Three-dimensional modeling and correlation tomography of gravity gradiometry

Abstract

 In analysis of airborne gravity gradiometry, both the simulation that can calculate precise gravity gradient using subsurface density distribution and the inversion that can estimate subsurface density using observed data are necessary. Both the new simulation method that can treat complex density anomalies ant the new inversion method that is not based on the least-squares method were proposed in this paper.
 Most of three dimensional (3-D) gravity calculations depend on the calculation method using cuboids or rectangular prisms in previous researches. However it is slightly difficult to approximate 3-D terrains and anomalous bodies with complex figure using superposition of cuboids or prisms. For example, it is difficult for the traditional method to construct smooth inclination surface in case of an inclined dyke because an inclined dyke is often approximated by the step-like anomalous body using a lot of cuboids. The new technique to calculate gravity anomaly that is suitable for 3-D terrain and anomalous body with complex figure is proposed in this paper. This technique uses numerical integration using hexahedral element in order to calculate gravity gradiometry anomaly. As the result of numerical simulation using the new 3-D program, it is found that the boundary of density anomaly can be estimated by the distribution of gravity gradient of z-direction (g_zz). And horizontally changed density anomaly can be selectively extracted by using gravity gradient of x-direction and y-direction (g_xx and g_yy). In the simulation of airborne gravity gradiometry, it is found that the peak values of gravity gradient are influenced by the flight height. But the distribution shapes of gravity gradient are not influenced by the flight height. As the result of simulation using the inclined bodies, it is found that inclination angle might be estimated quantitatively from the profile of gravity gradient.

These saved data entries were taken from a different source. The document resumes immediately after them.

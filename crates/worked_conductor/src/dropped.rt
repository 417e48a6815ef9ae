//! Seats that are dropped before, between and after posts, and one that holds outputs as it is dropped.
use crate::lines::opened;
use crate::posting::{accepted, is_posted};
use hc_conductor::conductor::Conductor;
use hc_conductor::seat::TaskSeat;
use hc_conductor::taking::Taken;
use std::alloc::Global;
use std::sync::Wait;

/// The posts taken, and the success of the publishing after them, three times.
type Left = (Taken, bool, Taken, bool, Taken, bool);

/// Drops the seats of tasks 7, 6 and 5. Task 7's goes before it posts, task 6's between its posts and a taking, task 5's after
/// its posts, with outputs held that it never posts.
fn left_by<R: Wait>(
    rt: &R,
    alloc: Global,
    conductor: &mut Conductor,
    seats: &mut Vec<TaskSeat>,
) -> Option<Left> {
    drop(seats.pop());
    let mut between = seats.pop()?;
    let mut last = seats.pop()?;
    if !is_posted(&mut between, 0) || !is_posted(&mut between, 0) || !is_posted(&mut last, 0) {
        return None;
    }
    let first = (conductor.take_posts(), conductor.publish(rt, alloc).is_ok());
    if !is_posted(&mut between, 0) || !is_posted(&mut last, 0) {
        return None;
    }
    drop(between);
    let second = (conductor.take_posts(), conductor.publish(rt, alloc).is_ok());
    last.hold().ok()?;
    drop(last);
    let third = (conductor.take_posts(), conductor.publish(rt, alloc).is_ok());
    Some((first.0, first.1, second.0, second.1, third.0, third.1))
}

/// The results of takings and publishings with dropped seats, from the axis' opening on.
fn left_on_axis<R: Wait>(rt: &R, alloc: Global) -> Option<Left> {
    let (mut conductor, mut seats) = opened(rt, alloc)?;
    let left = left_by(rt, alloc, &mut conductor, &mut seats);
    conductor.finish(rt);
    left
}

/// The posts of a seat are taken, also after it is dropped. Outputs that it only held are not, and publishing goes on.
#[test]
fn posts_outlive_their_seat(rt: HostRuntime) {
    assert_eq!(rt;
        left_on_axis(&rt, rt.alloc()),
        Some((accepted(3), true, accepted(2), true, accepted(0), true))
    );
}
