//! The loop that gives up a tool that does not answer, between cycles of an axis. The tool has a task of its own, so it owes
//! only its own blocks, and the axis loses no cycle.

use crate::docking::dock;
use crate::giving_up::Tool::{Docks, Leaves, Misses, Stays};
use crate::lines::{first_two, opened_line};
use crate::loops::{Network, master_cycle, task_cycle};
use hc_conductor::conductor::Conductor;
use hc_conductor::seat::TaskSeat;
use hc_events::answer::Answer;
use hc_machine::SlaveMachine;
use hc_records::edit::Edit;
use hc_records::records::VarId;
use std::alloc::{AllocError, Global};
use std::sync::Wait;

/// An axis in task 0, and a tool in task 1.
const LINE: &str = r#"
[[slave]]
station = 1002
area = [
    { sm = 2, dir = "out", phys = 0x1100, task = 0, assigned = [0x1600], pdo = [
        { index = 0x1600, entries = [[1, 16]] },
    ] },
    { sm = 3, dir = "in", phys = 0x1180, task = 0, assigned = [0x1a00], pdo = [
        { index = 0x1a00, entries = [[11, 16]] },
    ] },
]

[[group]]
alias = 100

[[group.slave]]
station = 2001
area = [
    { sm = 2, dir = "out", phys = 0x1100, task = 1, assigned = [0x1600], pdo = [
        { index = 0x1600, entries = [[101, 8]] },
    ] },
    { sm = 3, dir = "in", phys = 0x1180, task = 1, assigned = [0x1a00], pdo = [
        { index = 0x1a00, entries = [[111, 16]] },
    ] },
]
"#;

/// The alias of the tool.
const TOOL: u16 = 100;

/// The position of the axis, and the pressure of the tool.
const INPUTS: (u32, u32) = (11, 111);

/// The axis, and the tool, which answers if it has contact. The frames that are exchanged are counted.
#[derive(Drop)]
struct Slaves {
    axis: SlaveMachine,
    tool: SlaveMachine,
    has_contact: bool,
    frames: u32,
}

impl Network for Slaves {
    fn exchange(&mut self, frame: &mut [u8]) {
        self.frames = self.frames.wrapping_add(1);
        self.axis.process(frame);
        if self.has_contact {
            self.tool.process(frame);
        }
    }
}

/// A slave with its station address, and its inputs, which begin at 0x1180.
fn slave(alloc: Global, station: u16, inputs: u16) -> Result<SlaveMachine, AllocError> {
    let mut machine = SlaveMachine::new(alloc, 0)?;
    machine.write_memory(0x0010, &station.to_le_bytes());
    machine.write_memory(0x1180, &inputs.to_le_bytes());
    Ok(machine)
}

/// The change of the tool before a cycle.
#[derive(Clone, Copy, PartialEq, Eq)]
enum Tool {
    /// The tool docks, and its slave answers.
    Docks,
    /// The tool docks without contact, so that its slave answers nothing.
    Misses,
    Leaves,
    Stays,
}

/// Carries the change out. True if it succeeds: a tool docks exactly if it has contact.
fn is_changed(alloc: Global, conductor: &mut Conductor, slaves: &mut Slaves, tool: Tool) -> bool {
    if tool == Tool::Stays {
        return true;
    }
    slaves.has_contact = tool == Tool::Docks;
    if tool == Tool::Leaves {
        let answer = conductor.edit(alloc, &Edit::Disconnect(TOOL));
        return matches!(answer, Answer::Edited { .. });
    }
    let docked = dock(alloc, conductor, slaves, TOOL).ok();
    docked == Some(slaves.has_contact)
}

/// The result of a cycle: the position and the pressure as their tasks read them, the first byte of outputs of the axis, and
/// the number of frames exchanged since the cycle before.
type Shown = (Option<u64>, Option<u64>, Option<u8>, u32);

/// Both tasks' seats.
type Seats = (TaskSeat, TaskSeat);

/// A cycle of all threads, one after the other, with the axis at the given position.
fn shown<R: Wait>(
    rt: &R,
    alloc: Global,
    conductor: &mut Conductor,
    slaves: &mut Slaves,
    seats: Seats,
    inputs: &(VarId, VarId),
    at: u8,
) -> (Seats, Option<Shown>) {
    slaves.axis.write_memory(0x1180, &[at]);
    let gone = master_cycle(rt, alloc, conductor, slaves).is_ok();
    let (motion, position) = task_cycle(seats.0, inputs.0, at);
    let (tool, pressure) = task_cycle(seats.1, inputs.1, 7);
    let output = slaves.axis.memory().get(0x1100).copied();
    let shown = (position, pressure, output, slaves.frames);
    slaves.frames = 0;
    ((motion, tool), if gone { Some(shown) } else { None })
}

/// The results, cycle by cycle, with the axis at 1, 2 and so on. Its task posts the position and sees each one in its own
/// cycle. The outputs are those posted in the cycle before, but a post for the epoch before an edit is refused. Before the
/// first cycle the axis' four blocks are written. A tool docks by one frame of writes, and one without contact is given up
/// after two. A cycle takes one frame, which both datagrams share.
const ROWS: [(Tool, Shown); 9] = [
    (Stays, (Some(1), None, Some(0), 5)),
    (Stays, (Some(2), None, Some(1), 1)),
    (Misses, (Some(3), None, Some(1), 3)),
    (Stays, (Some(4), None, Some(3), 1)),
    (Docks, (Some(5), Some(1000), Some(3), 2)),
    (Stays, (Some(6), Some(1000), Some(5), 1)),
    (Leaves, (Some(7), None, Some(5), 1)),
    (Misses, (Some(8), None, Some(5), 3)),
    (Stays, (Some(9), None, Some(8), 1)),
];

/// The number of the first cycle with another result. `ROWS.len()` if there is none.
fn first_other<R: Wait>(
    rt: &R,
    alloc: Global,
    conductor: &mut Conductor,
    slaves: &mut Slaves,
    seats: Seats,
    inputs: &(VarId, VarId),
) -> usize {
    let mut seats = seats;
    let mut number: u8 = 0;
    for row in &ROWS {
        let changed = is_changed(alloc, conductor, slaves, row.0);
        let at = number.saturating_add(1);
        let (back, seen) = shown(rt, alloc, conductor, slaves, seats, inputs, at);
        if !changed || seen != Some(row.1) {
            return usize::from(number);
        }
        seats = back;
        number = at;
    }
    usize::from(number)
}

/// The number of the first cycle with another result, from the machine's opening on.
fn first_other_of<R: Wait>(rt: &R, alloc: Global) -> Option<usize> {
    let mut slaves = Slaves {
        axis: slave(alloc, 1002, 0).ok()?,
        tool: slave(alloc, 2001, 1000).ok()?,
        has_contact: false,
        frames: 0,
    };
    let inputs = (VarId::new(INPUTS.0)?, VarId::new(INPUTS.1)?);
    let (mut conductor, seats) = opened_line(rt, alloc, LINE)?;
    let number = match first_two(seats) {
        Some(seats) => Some(first_other(rt, alloc, &mut conductor, &mut slaves, seats, &inputs)),
        None => None,
    };
    conductor.finish(rt);
    number
}

/// A tool that does not answer is given up, and the axis loses no cycle.
#[test]
fn a_tool_is_given_up_without_a_lost_cycle(rt: HostRuntime) {
    assert_eq!(rt; first_other_of(&rt, rt.alloc()), Some(ROWS.len()));
}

 In addition to the new 3-D simulation method, gravity gradiometry correlation tomography that can estimate 3-D density contrast is proposed in this paper. The correlation tomography can rapidly calculate 3-D correlation factor that reflects relative density distribution although it cannot calculate density distribution directly. As the result of correlation tomography using two density anomalies that have high and low densities, it is confirmed that positive and negative anomalies appeared around the center of high and low density anomalies respectively. The correlation tomography of gravity gradiometry will become a useful tool to analyze gravity gradiometry data as a simplified or auxiliary method for 3-D inversion.